If you have questions about your investment asset allocation, please contact me.

Other Items Briefly Noted

As noted in the Morningstar FundInvestor, January, 2021 edition re: Vanguard’s Primecap fund:

“Primecap has beaten its peer group handily for much of the past decade and all the way back to when its first funds launched in 1984…there have been off years, but not many like 2020, when the fund’s 16% gain massively lagged the 37% gain of the average large-growth fund and 39% for the Russell 1000 Growth Index.  It was so bad that the fund’s three-, five- and 10year returns are now pedestrian relative to peers as well.

Smartt comment:  Indirectly, this is also an indictment of indexed annuities (which promise to deliver most of the stock market’s return with a guarantee of little or no loss).  Shaving the top off of a great stock market year means that the long term returns of the investment (especially after the annuity’s high costs) are ordinary, at best.

From the April 18, 2020 edition of The Economist: “Corporate Fraud, Who Lost Their Trunks.

“The crisis will expose a decade’s worth of swindling and aggressive accounting.

When Bernie Madoff owned up to a $65bn Ponzi scheme in December, 2008, it was not out of guilt.  He knew the game was up.  Three months earlier Lehman Brothers had imploded.  The market meltdown sent clients clamouring to withdraw from his funds, leaving them depleted with many investors still unpaid.  American regulators had not spotted the fraud despite a tip-off years earlier.  It was not them that did for Mr. Madoff, but recession.

Booms help fraudsters paper over cracks in their accounts, from fictitious investment returns to exaggerated sales. [e.g Enron and WorldCom]  As Warren Buffett…once put it, ‘You only find out who is swimming naked when the tide goes out.’  This time, thanks to a pandemic, the water has whooshed away at record speed.”

From the November 14, 2020 edition of The Economist: “The Money Doctors; The asset management industry is at last sorting the quacks from the true specialists…

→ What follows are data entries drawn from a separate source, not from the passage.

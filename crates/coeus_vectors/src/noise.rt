//! Shapes, and the test of their noise. What the bounds are stands in the black-box cases.

ghost use Rattle.std.specs.Prelude.{◌≡◌, IfOk};

use crate::cases::{BadCase, Case};
use crate::lines::{put, put_text};
use co_noise::{Shape, TestFault, Tested, test};

/// The line of a case, behind the name of its call.
pub fn line(case: Case) -> Result<String, BadCase> {
    let mut line = String::new(case.alloc);
    match case.call() {
        "shape" => put_shape(&mut line, case)?,
        "test" => put_test(&mut line, case)?,
        _ => return Err(BadCase::Unfit),
    }
    Ok(line)
}

fn shape(case: Case) -> Option<Shape> {
    Shape::new(
        case.number("degree"),
        case.number("documents"),
        case.number("terms"),
        case.number("hits"),
        case.number("salt"),
        case.number("rows"),
        case.number("bins"),
        case.number("chunks"),
    )
}

/// The shape of a case, which passes the test.
pub fn tested(case: Case) -> Result<Tested, BadCase> {
    let Some(shape) = shape(case) else {
        return Err(BadCase::Unfit);
    };
    passed(&shape)
}

/// A shape that passes the test.
#[tactic(auto, unfolding(co_noise::specs::Bounds::test_of))]
pub fn passed(shape: &Shape) -> Result<Tested, BadCase>
    ensures { IfOk result (λ t. t ≡ shape.now) }
{
    match test(shape) {
        Ok(tested) => Ok(tested),
        Err(_) => return Err(BadCase::Unfit),
    }
}

/// The numbers that follow from a shape.
fn put_shape(line: &mut String, case: Case) -> Result<(), BadCase> {
    match shape(case) {
        Some(shape) => {
            put(line, shape.keyword_blocks() as u128)?;
            put(line, shape.document_blocks() as u128)?;
            put(line, shape.levels() as u128)?;
        }
        None => put_text(line, "out of range")?,
    }
    Ok(())
}

fn put_test(line: &mut String, case: Case) -> Result<(), BadCase> {
    let Some(shape) = shape(case) else {
        return Err(BadCase::Unfit);
    };
    let answer = match test(&shape) {
        Ok(_) => "yes",
        Err(TestFault::RowsOverDegree { .. }) => "rows",
        Err(TestFault::Score { .. }) => "score",
        Err(TestFault::Records { .. }) => "records",
        Err(TestFault::Bins { .. }) => "bins",
    };
    put_text(line, answer)?;
    Ok(())
}
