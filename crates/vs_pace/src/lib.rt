//! Which shard goes next, and when the stream is to show that it lives.
#![tactic(auto)]

mod beat;
mod head;
mod laws;
#[cfg(test)]
mod tests;

pub use beat::Beat;
pub use head::{Head, choose};
pub use laws::law_choice;
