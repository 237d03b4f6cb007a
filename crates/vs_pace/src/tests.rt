use crate::{Beat, Head, choose, law_choice};

const HEADS: [Head; 3] = [
    Head {
        time: 100,
        taken: 3,
    },
    Head {
        time: 105,
        taken: 1,
    },
    Head { time: 90, taken: 2 },
];

#[test]
fn the_oldest_head_leaves_under_a_skew(rt: HostRuntime) {
    law_choice();
    assert_eq!(rt; choose(HEADS.as_slice(), 5), Some(2));
    assert_eq!(rt; choose(HEADS.as_slice(), 0), Some(1));
    assert_eq!(rt; choose(&[], 5), None);
}

#[test]
fn a_beat_is_due_behind_its_interval(rt: HostRuntime) {
    let mut beat = Beat::new(10, 100);
    assert!(rt; !beat.due(109) && beat.due(110));
    beat.sent(110);
    assert!(rt; !beat.due(119) && beat.due(120) && !Beat::new(0, 100).due(200));
}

In March, 1868, a prospectus appeared for a new kind of money-market scheme.  The Foreign & Colonial Government Trust would invest 1million British pounds [Lb]… in a selection of bonds.  For 85 Lb an investor could buy one of the 11,765 certificates giving an equal share.  The trust promised a 7% return…The trust was the brainchild of Phillip Rose, a lawyer and financial advisor to Benjamin Disraeli…Rose’s trust survives to this day, but asset management is now a far bigger business.  Over $100 trillion is held in pooled investments managed by professionals who charge a fee.

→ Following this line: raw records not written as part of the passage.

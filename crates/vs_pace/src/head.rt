//! Which head leaves next.
ghost use Rattle.std.specs.Prelude.{◌≡◌, MatchOption, []};
ghost use Rattle.vs_pace.specs.Heads.{IsNext, better, rank};

use crate::laws::steps;

/// The oldest unsent piece of a lane: its time in seconds, 0 where it has none, and when it was taken
/// among the pieces that are held.
#[derive(Debug, Clone, Copy, PartialEq, Eq)]
pub struct Head {
    pub time: u64,
    pub taken: u64,
}

/// The place of the head that leaves next: without a skew in seconds, the one that was taken first;
/// with one, the oldest.
pub fn choose(heads: &[Head], max_skew: u64) -> Option<usize>
    ensures { MatchOption result (heads.now ≡ []) (IsNext max_skew heads.now) }
{
    steps();
    let mut next = None;
    for (place, head) in heads.iter().enumerate() {
        next = better(next, (place, rank(head, max_skew)));
    }
    next.map(|(place, _)| place)
}

/// The number by which a head stands in the order of leaving.
fn rank(head: &Head, max_skew: u64) -> u64
    ensures { result ≡ rank max_skew head.now }
{
    if max_skew == 0 { head.taken } else { head.time }
}

/// Of two places with the ranks of their heads the one with the lesser rank, the former among equals.
fn better(former: Option<(usize, u64)>, later: (usize, u64)) -> Option<(usize, u64)>
    ensures { result ≡ better former later }
{
    match former {
        Some((_, rank)) if rank <= later.1 => former,
        _ => Some(later),
    }
}
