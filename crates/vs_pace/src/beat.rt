//! When a heartbeat is due.
ghost use Rattle.std.specs.Prelude.{◌≡◌, true};
ghost use Rattle.vs_pace.specs.Beats.{IsDue};

/// The seconds between heartbeats, 0 for none, and when the last frame was sent.
#[derive(Debug, Clone, Copy, PartialEq, Eq)]
pub struct Beat {
    pub interval: u64,
    pub last: u64,
}

impl Beat {
    /// The heartbeats of a session that begins now.
    pub fn new(interval: u64, now: u64) -> Beat
        ensures { result ≡ record { interval = interval; last = now } }
    {
        Beat {
            interval,
            last: now,
        }
    }

    /// Whether one is due.
    pub fn due(&self, now: u64) -> bool
        ensures due { result ≡ true → IsDue self.now now }
        ensures all { IsDue self.now now → result ≡ true }
    {
        self.interval != 0 && self.interval <= now.saturating_sub(self.last)
    }

    /// Notes that a frame was sent.
    pub fn sent(&mut self, now: u64)
        ensures { self.new ≡ record self.old { last = now } }
    {
        self.last = now;
    }
}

It is a business unlike any other.  Managers charge a fixed fee on the assets they manage, but customers ultimately bear the full costs of investments that sour.  Profit margins in the…business are high by the standards of other industries.  For all the talk of pressure on fees, typical operating margins are well over 30%.

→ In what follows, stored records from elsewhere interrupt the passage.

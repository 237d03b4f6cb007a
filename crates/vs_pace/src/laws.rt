//! What holds of every choice.
ghost use Rattle.vs_pace.specs.Heads.{IsOneChoice, OneMore};

/// There is one next head at most.
pub fn law_choice()
    ensures { IsOneChoice }
{}

/// What one more head does to a choice.
pub(crate) fn steps()
    ensures { OneMore }
{}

In many industries, firms avoid price competition by offering a product distinct from rivals—or, at least, that appears distinctive.  Breakfast cereal is mostly grain and sugar, but makers offer a proliferation of brand names, with subtle variations on a theme.  Asset management is not so different.  Firms compete in marketing, in dreaming up new products and, above all, on their skill in selecting securities that will rise in value.”

Smartt comment:  As always, past results are no guarantee of future performance.  The long term winning strategy is to diversify widely and use very low cost mutual funds.